I started the red velvet cupcakes early in the day, and made the frosting while the two dozen little gems were cooling on the cooktop. This is a fairly common recipe, and in fact if you Google it, the results are virtually identical. Mine came from my friend Siobhan, who owns the Wagon Wheel Restaurant in Truckee. I’ll try to remember to post it on the website, and the jambalaya recipe is already out there. These turned out really good … I thought the frosting that consists of two cubes of butter, a pound of cream cheese, and four cups of powdered sugar needed just a bit more … so I sprinkled some Sharffen Berger mocha chocolate nibs on the top. Perfect.

The jambalaya took shape early in the afternoon, and was actually done before anyone arrived. Very easy to do a quick reheat, which is what I did just before I served it. The cornbread was served in the Lodge cast iron pan I baked it in, which seemed fitting.

After dinner, we got into the last of my Zin Alley Port, which of course is always served in my Port Pigs. Consistent crowd pleasers, both the Port and the Pigs. There’s just something to sucking your dessert wine out of a glass pig’s tail, I guess.

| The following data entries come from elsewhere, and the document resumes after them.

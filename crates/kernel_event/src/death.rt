ghost use Rattle.std.specs.Prelude.{◌≡◌};
ghost use Rattle.charlotte_calls.specs.Names.{opposite};
ghost use Rattle.charlotte_calls.specs.declared.names.EndId.{EndId};
ghost use Rattle.charlotte_packets.specs.declared.picture.PictureWhat.TheVariants as packet;
ghost use Rattle.end_table.specs.Table.{entries};
ghost use Rattle.end_table.specs.declared.entry.Entry.{Entry};
ghost use Rattle.end_table.specs.declared.entry.Entry.TheVariants.{Here};
ghost use Rattle.kernel_step.specs.Enclosed.{IsReady};
ghost use Rattle.kernel_step.specs.Progress.{progress, sends, HasRoom, AddsAtMost, StaysWithin};
ghost use Rattle.kernel_step.specs.Room.{one_packet, room_of_first_notice};
ghost use Rattle.kernel_step.specs.Rows.{notices_first};

use cancel_core::notice;
use charlotte_calls::EndId;
use charlotte_packets::{What, Work};
use end_table::{HereView, Table};
use kernel_step::push_packet;

/// NOTICE at an end that is here, unless its death was noticed before: the destroyed end is told so at the kernel that sent
/// the packet.
#[tactic(auto, unfolding(kernel_step::specs::Rows::notices_first))]
pub(crate) fn notice_first(table: &mut Table, from: u8, view: HereView, out: &mut Work)
    requires here { entries table.old view.value.end ≡ Here view }
    requires ready { IsReady (entries table.old) view.value.end }
    requires room { HasRoom room_of_first_notice out.old }
    ensures part { progress (entries table.new) out.new
        ≡ notices_first table.old.kernel from view (progress (entries table.old) out.old) }
    ensures within { StaysWithin room_of_first_notice table.old table.new out.old out.new }
{
    if view.value.dead {
        return;
    }
    notice(table, view.value.end, out);
    tell_seen(out, from, view.value.end);
}

/// The destroyed opposite of an end is told, at a kernel, that its destruction is known.
pub(crate) fn tell_seen(out: &mut Work, at: u8, on: EndId)
    requires { HasRoom one_packet out.old }
    ensures part { (t : EndId → Entry) → progress t out.new ≡ sends at (packet.GoneSeen (opposite on)) (progress t out.old) }
    ensures room { AddsAtMost one_packet out.old out.new }
{
    let to = on.opposite();
    push_packet(out, at, What::GoneSeen { to });
}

Great night, always a treat seeing my sister and her hubby, the food worked, and we gained an hour via the end of the afore-mentioned Daylight Saving, granting us an extra hour of sleep, which I currently need as I’m fighting a cold. But I’m still wondering where all the trick or treaters were last night. Perhaps there were ghosts and goblins out in the neighborhood, and we were the only ones safe???